DIRECTIONS: What you return must be the lines of the data that hold the word "capacity".

Stored data:

○ ○ ○ ○ ○

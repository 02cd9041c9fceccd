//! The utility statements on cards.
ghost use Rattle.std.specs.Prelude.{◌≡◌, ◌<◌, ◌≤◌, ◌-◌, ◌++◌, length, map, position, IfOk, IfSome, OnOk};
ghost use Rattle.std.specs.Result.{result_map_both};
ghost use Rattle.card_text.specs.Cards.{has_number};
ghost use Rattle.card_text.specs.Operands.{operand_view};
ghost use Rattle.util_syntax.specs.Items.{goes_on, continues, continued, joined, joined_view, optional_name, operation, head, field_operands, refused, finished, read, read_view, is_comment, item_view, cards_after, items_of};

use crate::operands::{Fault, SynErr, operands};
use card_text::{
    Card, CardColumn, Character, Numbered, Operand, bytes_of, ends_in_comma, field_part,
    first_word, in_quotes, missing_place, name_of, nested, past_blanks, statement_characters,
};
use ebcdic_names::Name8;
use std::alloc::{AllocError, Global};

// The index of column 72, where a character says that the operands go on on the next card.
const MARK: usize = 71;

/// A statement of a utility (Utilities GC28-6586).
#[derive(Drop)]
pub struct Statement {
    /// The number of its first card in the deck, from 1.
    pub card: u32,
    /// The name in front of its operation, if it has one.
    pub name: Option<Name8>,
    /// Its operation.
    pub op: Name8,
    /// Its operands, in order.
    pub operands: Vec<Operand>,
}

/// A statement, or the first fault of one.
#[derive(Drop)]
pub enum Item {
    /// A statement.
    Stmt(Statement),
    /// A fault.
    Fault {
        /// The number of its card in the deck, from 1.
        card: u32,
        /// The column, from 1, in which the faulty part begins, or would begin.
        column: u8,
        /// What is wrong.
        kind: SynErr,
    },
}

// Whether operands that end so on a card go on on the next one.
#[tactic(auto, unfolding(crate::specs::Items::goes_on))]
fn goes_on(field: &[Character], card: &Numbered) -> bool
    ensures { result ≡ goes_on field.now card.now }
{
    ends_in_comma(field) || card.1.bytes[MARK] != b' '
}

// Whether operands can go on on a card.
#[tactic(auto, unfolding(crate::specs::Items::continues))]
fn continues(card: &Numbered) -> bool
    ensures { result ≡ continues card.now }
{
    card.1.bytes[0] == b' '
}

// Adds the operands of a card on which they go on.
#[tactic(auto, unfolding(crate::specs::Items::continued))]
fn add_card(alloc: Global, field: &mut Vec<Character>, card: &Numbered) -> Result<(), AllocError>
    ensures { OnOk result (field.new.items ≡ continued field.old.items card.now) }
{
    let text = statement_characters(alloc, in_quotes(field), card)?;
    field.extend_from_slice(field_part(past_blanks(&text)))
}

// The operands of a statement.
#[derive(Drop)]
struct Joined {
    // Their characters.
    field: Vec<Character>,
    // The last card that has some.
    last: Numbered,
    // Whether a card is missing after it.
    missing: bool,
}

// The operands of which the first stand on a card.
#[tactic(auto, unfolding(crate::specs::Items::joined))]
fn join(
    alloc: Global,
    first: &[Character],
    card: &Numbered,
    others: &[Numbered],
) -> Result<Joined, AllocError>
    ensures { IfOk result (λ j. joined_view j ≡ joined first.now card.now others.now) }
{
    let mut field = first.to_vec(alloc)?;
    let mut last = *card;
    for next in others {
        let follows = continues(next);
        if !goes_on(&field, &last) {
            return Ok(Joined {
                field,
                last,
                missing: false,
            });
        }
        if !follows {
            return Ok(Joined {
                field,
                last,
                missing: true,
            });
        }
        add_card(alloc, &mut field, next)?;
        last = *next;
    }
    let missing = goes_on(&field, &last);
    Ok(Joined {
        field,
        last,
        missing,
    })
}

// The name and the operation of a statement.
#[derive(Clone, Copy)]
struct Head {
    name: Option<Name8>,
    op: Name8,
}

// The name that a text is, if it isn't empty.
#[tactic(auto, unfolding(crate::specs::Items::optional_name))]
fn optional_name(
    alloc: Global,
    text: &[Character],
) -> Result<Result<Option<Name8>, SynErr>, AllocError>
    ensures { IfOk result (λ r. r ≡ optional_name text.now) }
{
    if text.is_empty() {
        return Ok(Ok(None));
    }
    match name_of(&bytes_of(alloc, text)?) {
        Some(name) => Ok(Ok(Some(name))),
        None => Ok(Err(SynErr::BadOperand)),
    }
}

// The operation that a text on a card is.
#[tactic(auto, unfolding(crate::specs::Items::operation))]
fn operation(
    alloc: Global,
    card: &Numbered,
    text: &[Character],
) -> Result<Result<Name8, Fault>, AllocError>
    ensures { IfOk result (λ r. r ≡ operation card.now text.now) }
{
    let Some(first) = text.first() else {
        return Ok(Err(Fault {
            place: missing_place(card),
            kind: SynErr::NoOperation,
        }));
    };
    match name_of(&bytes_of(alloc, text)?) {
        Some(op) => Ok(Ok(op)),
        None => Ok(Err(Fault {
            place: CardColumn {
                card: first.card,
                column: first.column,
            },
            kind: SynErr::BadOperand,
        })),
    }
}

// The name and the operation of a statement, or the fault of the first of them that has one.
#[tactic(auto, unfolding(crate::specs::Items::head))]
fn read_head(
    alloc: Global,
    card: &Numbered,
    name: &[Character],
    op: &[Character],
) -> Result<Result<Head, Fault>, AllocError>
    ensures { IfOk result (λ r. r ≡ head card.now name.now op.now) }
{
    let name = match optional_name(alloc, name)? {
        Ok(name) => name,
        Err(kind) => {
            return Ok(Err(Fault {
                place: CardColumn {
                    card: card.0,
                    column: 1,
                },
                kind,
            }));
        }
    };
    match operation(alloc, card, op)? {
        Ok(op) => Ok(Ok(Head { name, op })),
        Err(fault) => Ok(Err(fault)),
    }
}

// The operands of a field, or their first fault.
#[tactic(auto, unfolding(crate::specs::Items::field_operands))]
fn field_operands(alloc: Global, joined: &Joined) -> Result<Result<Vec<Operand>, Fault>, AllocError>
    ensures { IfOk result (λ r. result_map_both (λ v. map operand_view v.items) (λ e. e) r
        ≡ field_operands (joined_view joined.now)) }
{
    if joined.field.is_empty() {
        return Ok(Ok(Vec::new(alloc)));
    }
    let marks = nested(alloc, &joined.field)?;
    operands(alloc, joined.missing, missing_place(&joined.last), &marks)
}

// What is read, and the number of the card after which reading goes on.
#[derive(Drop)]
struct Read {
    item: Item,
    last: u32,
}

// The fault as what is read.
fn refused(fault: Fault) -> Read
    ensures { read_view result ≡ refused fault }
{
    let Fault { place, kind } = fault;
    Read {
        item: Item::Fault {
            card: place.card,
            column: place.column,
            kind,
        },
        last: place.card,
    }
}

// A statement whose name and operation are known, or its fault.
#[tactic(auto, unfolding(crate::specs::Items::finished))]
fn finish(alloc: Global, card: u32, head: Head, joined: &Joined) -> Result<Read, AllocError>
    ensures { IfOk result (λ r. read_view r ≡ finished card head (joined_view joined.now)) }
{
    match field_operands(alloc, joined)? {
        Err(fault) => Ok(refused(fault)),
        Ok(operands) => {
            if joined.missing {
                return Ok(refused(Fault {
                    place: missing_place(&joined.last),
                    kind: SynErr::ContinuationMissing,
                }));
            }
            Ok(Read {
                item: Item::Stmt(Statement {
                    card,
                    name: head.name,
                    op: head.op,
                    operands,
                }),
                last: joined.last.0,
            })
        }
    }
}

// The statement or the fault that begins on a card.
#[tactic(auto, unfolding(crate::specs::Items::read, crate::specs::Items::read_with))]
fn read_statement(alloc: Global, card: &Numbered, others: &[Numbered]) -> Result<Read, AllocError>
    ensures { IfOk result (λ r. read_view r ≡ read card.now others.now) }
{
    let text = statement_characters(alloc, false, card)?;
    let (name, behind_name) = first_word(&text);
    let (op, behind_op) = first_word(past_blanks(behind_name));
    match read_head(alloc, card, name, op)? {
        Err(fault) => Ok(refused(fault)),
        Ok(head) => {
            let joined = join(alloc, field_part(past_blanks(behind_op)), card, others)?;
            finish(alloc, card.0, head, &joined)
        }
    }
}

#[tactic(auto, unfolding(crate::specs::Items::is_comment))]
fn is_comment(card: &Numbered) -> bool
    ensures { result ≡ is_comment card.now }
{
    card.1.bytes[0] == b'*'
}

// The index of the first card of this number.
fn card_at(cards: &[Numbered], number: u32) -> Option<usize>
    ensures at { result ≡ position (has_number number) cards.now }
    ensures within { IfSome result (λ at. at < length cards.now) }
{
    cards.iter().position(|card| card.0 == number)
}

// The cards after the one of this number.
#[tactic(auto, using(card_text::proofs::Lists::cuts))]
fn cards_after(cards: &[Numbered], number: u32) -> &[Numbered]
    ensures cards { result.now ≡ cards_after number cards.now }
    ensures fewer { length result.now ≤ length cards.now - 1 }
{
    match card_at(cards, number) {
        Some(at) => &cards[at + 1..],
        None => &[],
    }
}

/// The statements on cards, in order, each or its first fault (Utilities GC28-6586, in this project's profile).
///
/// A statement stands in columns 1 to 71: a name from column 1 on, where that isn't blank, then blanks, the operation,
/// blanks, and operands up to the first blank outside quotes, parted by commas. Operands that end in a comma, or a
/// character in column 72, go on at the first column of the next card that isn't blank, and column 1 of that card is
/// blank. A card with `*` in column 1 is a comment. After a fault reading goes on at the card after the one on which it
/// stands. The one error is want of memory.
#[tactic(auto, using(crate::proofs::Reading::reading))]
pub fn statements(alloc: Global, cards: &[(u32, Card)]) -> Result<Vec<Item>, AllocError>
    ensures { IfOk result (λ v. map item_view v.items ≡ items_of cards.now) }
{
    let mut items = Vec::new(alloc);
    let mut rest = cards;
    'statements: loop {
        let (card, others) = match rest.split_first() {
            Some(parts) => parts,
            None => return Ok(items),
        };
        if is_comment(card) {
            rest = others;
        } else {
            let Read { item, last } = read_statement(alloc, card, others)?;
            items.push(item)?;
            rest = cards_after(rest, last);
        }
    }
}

○ ○ ○ ○ ○

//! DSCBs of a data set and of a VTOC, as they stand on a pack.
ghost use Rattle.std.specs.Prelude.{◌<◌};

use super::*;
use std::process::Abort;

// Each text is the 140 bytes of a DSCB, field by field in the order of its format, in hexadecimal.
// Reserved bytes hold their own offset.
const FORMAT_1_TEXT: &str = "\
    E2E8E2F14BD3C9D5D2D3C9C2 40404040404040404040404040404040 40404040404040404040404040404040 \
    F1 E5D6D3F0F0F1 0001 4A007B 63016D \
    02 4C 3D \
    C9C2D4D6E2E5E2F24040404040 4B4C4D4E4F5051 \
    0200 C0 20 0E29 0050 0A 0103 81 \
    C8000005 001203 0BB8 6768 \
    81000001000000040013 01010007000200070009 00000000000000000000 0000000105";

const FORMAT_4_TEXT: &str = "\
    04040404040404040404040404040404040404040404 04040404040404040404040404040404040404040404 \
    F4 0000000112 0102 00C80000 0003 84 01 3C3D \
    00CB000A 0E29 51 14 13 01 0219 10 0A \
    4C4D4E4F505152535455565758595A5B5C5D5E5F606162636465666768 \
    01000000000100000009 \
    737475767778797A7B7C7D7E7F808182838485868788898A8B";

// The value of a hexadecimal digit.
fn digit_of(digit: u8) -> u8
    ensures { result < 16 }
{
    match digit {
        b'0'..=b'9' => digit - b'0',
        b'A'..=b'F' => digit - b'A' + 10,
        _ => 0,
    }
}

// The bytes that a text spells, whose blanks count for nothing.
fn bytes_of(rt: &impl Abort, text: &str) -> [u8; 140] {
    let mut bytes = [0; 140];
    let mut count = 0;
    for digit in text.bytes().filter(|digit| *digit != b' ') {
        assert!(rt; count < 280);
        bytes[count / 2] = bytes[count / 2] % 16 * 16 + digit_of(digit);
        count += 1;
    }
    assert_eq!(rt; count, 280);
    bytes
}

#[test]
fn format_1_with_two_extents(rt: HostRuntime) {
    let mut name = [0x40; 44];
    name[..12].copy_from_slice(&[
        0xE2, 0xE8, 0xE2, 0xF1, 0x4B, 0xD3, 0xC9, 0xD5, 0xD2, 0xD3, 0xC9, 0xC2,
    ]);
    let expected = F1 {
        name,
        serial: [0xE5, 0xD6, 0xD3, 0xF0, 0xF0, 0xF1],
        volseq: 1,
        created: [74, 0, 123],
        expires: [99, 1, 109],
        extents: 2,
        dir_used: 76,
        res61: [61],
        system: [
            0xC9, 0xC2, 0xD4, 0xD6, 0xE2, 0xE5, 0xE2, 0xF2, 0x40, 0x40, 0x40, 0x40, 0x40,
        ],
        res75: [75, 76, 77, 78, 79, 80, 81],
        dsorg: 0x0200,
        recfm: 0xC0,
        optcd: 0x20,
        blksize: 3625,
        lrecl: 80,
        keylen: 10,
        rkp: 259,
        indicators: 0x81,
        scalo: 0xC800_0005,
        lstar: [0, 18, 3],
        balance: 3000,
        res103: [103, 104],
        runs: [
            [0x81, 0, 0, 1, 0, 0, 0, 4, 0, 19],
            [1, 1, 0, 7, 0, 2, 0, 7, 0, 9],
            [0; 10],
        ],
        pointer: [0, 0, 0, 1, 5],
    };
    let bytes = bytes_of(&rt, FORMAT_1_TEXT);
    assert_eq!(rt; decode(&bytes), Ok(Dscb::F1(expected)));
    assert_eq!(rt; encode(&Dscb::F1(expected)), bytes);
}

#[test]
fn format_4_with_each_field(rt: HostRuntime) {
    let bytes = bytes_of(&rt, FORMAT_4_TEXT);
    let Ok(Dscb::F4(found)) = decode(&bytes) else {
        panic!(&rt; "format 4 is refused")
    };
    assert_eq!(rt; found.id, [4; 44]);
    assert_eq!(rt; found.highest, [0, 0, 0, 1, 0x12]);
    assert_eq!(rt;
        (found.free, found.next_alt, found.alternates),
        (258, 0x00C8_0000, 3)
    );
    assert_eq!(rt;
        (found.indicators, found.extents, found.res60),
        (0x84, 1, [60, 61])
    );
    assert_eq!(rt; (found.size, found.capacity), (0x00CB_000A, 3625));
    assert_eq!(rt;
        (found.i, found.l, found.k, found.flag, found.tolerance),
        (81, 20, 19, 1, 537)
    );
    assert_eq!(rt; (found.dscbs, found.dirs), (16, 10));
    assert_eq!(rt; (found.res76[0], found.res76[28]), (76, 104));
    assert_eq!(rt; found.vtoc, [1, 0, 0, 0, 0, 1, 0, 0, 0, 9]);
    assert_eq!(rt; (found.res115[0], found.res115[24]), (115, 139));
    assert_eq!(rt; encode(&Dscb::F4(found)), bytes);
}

○ ○ ○ ○ ○

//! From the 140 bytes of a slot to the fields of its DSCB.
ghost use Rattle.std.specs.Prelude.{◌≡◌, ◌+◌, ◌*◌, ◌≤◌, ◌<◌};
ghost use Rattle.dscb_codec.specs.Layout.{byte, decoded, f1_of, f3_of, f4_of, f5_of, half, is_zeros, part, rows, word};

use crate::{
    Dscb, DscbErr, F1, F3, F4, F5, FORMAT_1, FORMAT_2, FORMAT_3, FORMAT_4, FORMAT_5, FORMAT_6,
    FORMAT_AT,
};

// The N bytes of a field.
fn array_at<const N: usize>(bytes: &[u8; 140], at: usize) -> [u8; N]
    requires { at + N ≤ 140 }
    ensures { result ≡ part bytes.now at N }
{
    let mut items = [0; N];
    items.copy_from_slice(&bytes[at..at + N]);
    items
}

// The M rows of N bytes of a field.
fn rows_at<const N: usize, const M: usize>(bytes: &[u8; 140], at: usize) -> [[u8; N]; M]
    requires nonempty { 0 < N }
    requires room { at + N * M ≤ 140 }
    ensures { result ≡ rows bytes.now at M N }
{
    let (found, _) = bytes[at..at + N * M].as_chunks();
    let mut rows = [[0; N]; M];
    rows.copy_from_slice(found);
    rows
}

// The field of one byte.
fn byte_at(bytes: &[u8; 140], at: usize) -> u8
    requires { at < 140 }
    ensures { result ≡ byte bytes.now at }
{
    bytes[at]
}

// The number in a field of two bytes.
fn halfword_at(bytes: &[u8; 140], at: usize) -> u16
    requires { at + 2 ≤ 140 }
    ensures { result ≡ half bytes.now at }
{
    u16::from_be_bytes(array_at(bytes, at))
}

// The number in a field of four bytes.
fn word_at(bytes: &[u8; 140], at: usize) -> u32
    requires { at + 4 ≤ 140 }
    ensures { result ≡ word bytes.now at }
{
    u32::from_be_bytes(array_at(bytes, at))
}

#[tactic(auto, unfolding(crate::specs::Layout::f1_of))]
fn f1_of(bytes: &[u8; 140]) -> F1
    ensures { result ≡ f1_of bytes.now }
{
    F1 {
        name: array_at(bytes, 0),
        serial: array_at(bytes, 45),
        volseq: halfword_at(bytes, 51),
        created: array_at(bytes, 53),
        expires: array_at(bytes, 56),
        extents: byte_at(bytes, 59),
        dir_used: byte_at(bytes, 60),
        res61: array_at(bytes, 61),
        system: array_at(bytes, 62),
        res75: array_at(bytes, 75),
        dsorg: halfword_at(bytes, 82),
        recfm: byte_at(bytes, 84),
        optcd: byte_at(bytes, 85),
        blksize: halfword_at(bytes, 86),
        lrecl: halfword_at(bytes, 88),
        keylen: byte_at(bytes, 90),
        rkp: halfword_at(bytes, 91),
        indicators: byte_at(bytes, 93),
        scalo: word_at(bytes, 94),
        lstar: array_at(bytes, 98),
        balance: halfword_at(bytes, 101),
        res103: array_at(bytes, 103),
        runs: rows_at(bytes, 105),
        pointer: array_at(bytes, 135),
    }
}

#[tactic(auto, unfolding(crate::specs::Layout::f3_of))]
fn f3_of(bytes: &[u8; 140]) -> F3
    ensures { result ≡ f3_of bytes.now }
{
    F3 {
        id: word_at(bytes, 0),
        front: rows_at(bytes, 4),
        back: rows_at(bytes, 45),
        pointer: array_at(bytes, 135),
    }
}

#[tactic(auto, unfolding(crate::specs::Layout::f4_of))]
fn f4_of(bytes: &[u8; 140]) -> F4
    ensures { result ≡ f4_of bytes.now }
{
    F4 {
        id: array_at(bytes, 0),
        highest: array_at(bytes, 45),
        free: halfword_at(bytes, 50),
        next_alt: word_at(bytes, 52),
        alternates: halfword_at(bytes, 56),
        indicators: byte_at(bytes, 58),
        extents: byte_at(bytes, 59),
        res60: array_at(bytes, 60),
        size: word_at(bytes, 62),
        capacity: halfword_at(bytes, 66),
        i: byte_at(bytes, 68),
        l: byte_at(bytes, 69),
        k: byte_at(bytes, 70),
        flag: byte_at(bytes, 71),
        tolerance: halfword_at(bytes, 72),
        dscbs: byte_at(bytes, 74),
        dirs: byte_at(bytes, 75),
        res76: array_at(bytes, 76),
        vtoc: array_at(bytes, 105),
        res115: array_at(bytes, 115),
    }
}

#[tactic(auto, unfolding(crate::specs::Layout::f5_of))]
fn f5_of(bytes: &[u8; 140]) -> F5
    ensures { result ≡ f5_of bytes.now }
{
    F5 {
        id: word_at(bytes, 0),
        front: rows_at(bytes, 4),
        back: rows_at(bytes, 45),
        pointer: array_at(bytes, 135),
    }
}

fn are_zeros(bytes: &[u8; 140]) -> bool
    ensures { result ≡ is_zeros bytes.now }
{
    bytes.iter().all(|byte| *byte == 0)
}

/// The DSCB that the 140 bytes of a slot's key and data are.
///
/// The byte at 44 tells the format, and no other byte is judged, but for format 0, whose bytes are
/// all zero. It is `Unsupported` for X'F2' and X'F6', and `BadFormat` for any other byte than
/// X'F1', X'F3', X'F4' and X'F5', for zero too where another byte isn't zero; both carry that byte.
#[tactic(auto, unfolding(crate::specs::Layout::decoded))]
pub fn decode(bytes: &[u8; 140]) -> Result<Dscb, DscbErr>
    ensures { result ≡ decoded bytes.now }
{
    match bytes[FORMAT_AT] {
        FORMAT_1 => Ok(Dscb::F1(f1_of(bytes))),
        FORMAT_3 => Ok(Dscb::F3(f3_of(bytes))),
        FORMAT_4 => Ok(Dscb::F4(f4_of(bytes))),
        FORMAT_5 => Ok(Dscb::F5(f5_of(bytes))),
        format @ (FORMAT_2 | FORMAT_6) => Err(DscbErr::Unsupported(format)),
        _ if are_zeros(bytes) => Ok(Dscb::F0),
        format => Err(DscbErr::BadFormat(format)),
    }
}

○ ○ ○ ○ ○

SOLUTION TO THE PROBLEM:
    assert_eq!(rt; (found.size, found.capacity), (0x00CB_000A, 3625));
        capacity: halfword_at(bytes, 66),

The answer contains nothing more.